MiniMax has released M3, a new model aimed at coding agents and other long-context AI tasks, while saying that downloadable weights and a technical report will follow within 10 days. For now, users can access the model through MiniMax Code, token plans and an API, but the company has not yet published a checkpoint for local use.
The Shanghai-based company is positioning M3 as an open-weight model, though that claim remains incomplete until the promised files and documentation arrive. The launch materials available so far include a product page, API documentation and a blog post, but not the model weights themselves. MiniMax said the report and weights will be posted on Hugging Face and GitHub.
M3 is notable for its 1 million token context window, which MiniMax says comes with a guaranteed minimum of 512,000 tokens for API use. The company also says the model supports native multimodal input, including images and video, with text output. That combination places M3 in a category of systems designed to handle long codebases, screenshots, diagrams and extended tool histories in a single session.
In its launch materials, MiniMax described M3 as its first open-weight model to combine frontier coding performance, multimodal input and very long context. The company highlighted benchmark results it says include 59.0% on SWE-Bench Pro, 66.0% on Terminal-Bench 2.1 and 74.2% on MCP Atlas.
MiniMax also published a company-run Hopper test that it says involved 24 hours of FP8 matrix multiplication, 147 benchmark submissions and 1,959 tool calls. According to the company, those runs increased hardware utilization from 7.6% to 71.3%.
The model’s long-context system is powered by what MiniMax calls MiniMax Sparse Attention, or MSA. The company says the architecture filters cached key-value blocks before performing full attention, helping reduce compute at very long context lengths. MiniMax claims the approach lowers per-token compute at the 1 million token scale to about one-twentieth of the prior generation model.
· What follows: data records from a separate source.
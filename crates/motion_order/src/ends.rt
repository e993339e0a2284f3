// Where the classes of one cost end.
ghost use Rattle.std.specs.Prelude.{◌≡◌, ◌<◌, ◌≤◌, [], ◌∷◌, ◌++◌, length};
ghost use Rattle.motion_order.specs.Ends.{Marked};
ghost use Rattle.motion_order.specs.InOrder.{CheapestFirst};

use crate::offer::{MOST_OFFERS, Offer};
use cost::cost::Cost;
use std::marker::Model;

// Contracts see the places at which the classes end, each the one after the last entry of a class.
#[derive(Drop)]
pub struct Ends {
    places: [u16; MOST_OFFERS],
    count: usize,
}

impl Model for Ends {
    ghost use Rattle.std.specs.Prelude.{List, ℕ, ◌≤◌, take};
    ghost use Rattle.motion_order.specs.declared.offer.TheConstants.{MOST_OFFERS};

    ghost Value = { List ℕ };

    ghost view = { λ ends. take ends.count ends.places };

    ghost invariant = { λ ends. ends.count ≤ MOST_OFFERS };
}

impl Ends {
    fn none() -> Ends
        ensures { result ≡ [] }
    {
        Ends {
            places: [0; MOST_OFFERS],
            count: 0,
        }
    }

    fn push(&mut self, place: usize)
        requires room { length self.old < MOST_OFFERS }
        requires near { place ≤ MOST_OFFERS }
        ensures { self.new ≡ self.old ++ place ∷ [] }
    {
        self.places[self.count] = place as u16;
        self.count += 1;
    }

    pub fn as_slice(&self) -> &[u16]
        ensures { result.now ≡ self.now }
    {
        &self.places[..self.count]
    }
}

// A class ends where the next entry is dearer, and the last where the entries end.
#[tactic(auto, using(crate::proofs::Marking::begun))]
pub(crate) fn mark_ends<K: Cost>(offers: &[Offer]) -> Ends
    requires some { 0 < length offers.now }
    requires few { length offers.now ≤ MOST_OFFERS }
    requires cheapest_first { CheapestFirst K.costs offers.now }
    ensures { Marked K.costs offers.now result (length offers.now) }
{
    let mut ends = Ends::none();
    for place in 1..offers.len() {
        if offers[place].is_dearer::<K>(&offers[place - 1]) {
            ends.push(place);
        }
    }
    ends.push(offers.len());
    ends
}
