// The order in which a search takes a panel's motions: in classes of one cost, the cheapest first, and in a class by
// their numbers. It is made once for a panel, and holds all of its motions, each once.
#![tactic(auto)]

pub mod charted;
pub mod classes;
pub mod ends;
pub mod offer;
pub mod order;
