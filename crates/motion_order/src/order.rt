// A panel's motions and its retype, the cheapest first, and those of one cost by their numbers.
ghost use Rattle.std.specs.Prelude.{◌≡◌, ◌+◌, ◌<◌, ◌≤◌, [], ◌∷◌, ◌++◌, length, IsPermutation};
ghost use Rattle.motion_order.specs.Gathered.{Gathered, Sorted, ranked};
ghost use Rattle.motion_order.specs.InOrder.{InOrder};

use crate::offer::{MOST_OFFERS, Offer};
use cost::cost::Cost;
use panel::panel::Panel;
use std::cmp::Ordering;
use std::marker::{Model, PhantomData};

// Contracts see the offers. An array and a count, since nothing is allocated once a model is made. The parameter keeps
// an order by one cost from being taken for one by another.
#[derive(Drop)]
pub struct MotionOrder<K> {
    entries: [Offer; MOST_OFFERS],
    count: usize,
    cost: PhantomData<K>,
}

impl<K> Model for MotionOrder<K> {
    ghost use Rattle.std.specs.Prelude.{List, ◌≤◌, take};
    ghost use Rattle.motion_order.specs.declared.offer.Offer.{Offer};
    ghost use Rattle.motion_order.specs.declared.offer.TheConstants.{MOST_OFFERS};

    ghost Value = { List Offer };

    ghost view = { λ order. take order.count order.entries };

    ghost invariant = { λ order. order.count ≤ MOST_OFFERS };
}

impl<K: Cost> MotionOrder<K> {
    // All motions of the panel and its retype, in order.
    pub fn new<P: Panel>(panel: &P) -> MotionOrder<K>
        ensures { InOrder K.costs (P.answers panel.now) result }
    {
        let mut order = MotionOrder::gathered(panel);
        order.sort();
        order
    }

    pub fn offers(&self) -> &[Offer]
        ensures same { result.now ≡ self.now }
        ensures few { length result.now ≤ MOST_OFFERS }
    {
        &self.entries[..self.count]
    }

    fn empty() -> MotionOrder<K>
        ensures { result ≡ [] }
    {
        let none = Offer {
            motion: 0,
            milliseconds: 0,
            bytes: 0,
        };
        MotionOrder {
            entries: [none; MOST_OFFERS],
            count: 0,
            cost: PhantomData,
        }
    }

    fn push(&mut self, offer: Offer)
        requires { length self.old < MOST_OFFERS }
        ensures { self.new ≡ self.old ++ offer ∷ [] }
    {
        self.entries[self.count] = offer;
        self.count += 1;
    }

    // The motions in the order of their numbers, and then the retype.
    #[tactic(auto, using(crate::proofs::Gathering::none, crate::proofs::Gathering::more))]
    fn gathered<P: Panel>(panel: &P) -> MotionOrder<K>
        ensures { let answers = P.answers panel.now in
            Gathered answers (answers.motions + 1) result }
    {
        let mut order = MotionOrder::empty();
        for motion in 0..panel.motions() {
            order.push(Offer::of_motion(panel, motion));
        }
        order.push(Offer::of_retype(panel));
        order
    }

    fn sort(&mut self)
        ensures same { IsPermutation self.old self.new }
        ensures sorted { Sorted K.costs self.new }
    {
        sort_offers::<K>(&mut self.entries[..self.count]);
    }
}

// A closure: a generic function that is passed by its name gets no generated proof here.
fn sort_offers<K: Cost>(offers: &mut [Offer])
    ensures same { IsPermutation offers.old offers.new }
    ensures sorted { Sorted K.costs offers.new }
{
    offers.sort_unstable_by(|a, b| compared::<K>(a, b));
}

fn compared<K: Cost>(a: &Offer, b: &Offer) -> Ordering
    ensures { result ≡ ranked K.costs a.now b.now }
{
    if b.is_dearer::<K>(a) {
        Ordering::Less
    } else if a.is_dearer::<K>(b) {
        Ordering::Greater
    } else {
        a.motion.cmp(&b.motion)
    }
}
The API page also lists Anthropic-compatible and OpenAI-compatible endpoints, suggesting the model is intended to fit existing developer workflows. MiniMax says the service supports image and video inputs alongside text generation, which could make it useful for software agents and other applications that need to process multiple input types in one run.
MiniMax lists standard API pricing at $0.60 per million input tokens and $2.40 per million output tokens, with those rates applying up to 512,000 input tokens. The company also offers subscription plans starting at $20 per month, which it says provide access to about 1.7 billion M3 tokens.
The release landed alongside reports that MiniMax shares fell in Hong Kong after a disclosure related to a planned Shanghai STAR Market listing. MarketWatch reported a 16% decline, citing a listing-guidance agreement with Citic Securities and a filing with the Shanghai bureau of the China Securities Regulatory Commission.
At the same time, some details that would help outside analysts compare M3 with rival models remain unknown. The South China Morning Post reported that MiniMax did not disclose the model’s size or the training infrastructure used, limiting direct comparisons with systems whose parameter counts and compute budgets are public.
Developers can start testing M3 now through MiniMax’s API and product offerings. The next major checkpoint is the company’s promised release of weights and a technical report, which should clarify how the model was built and whether its open-weight status will be fully realized.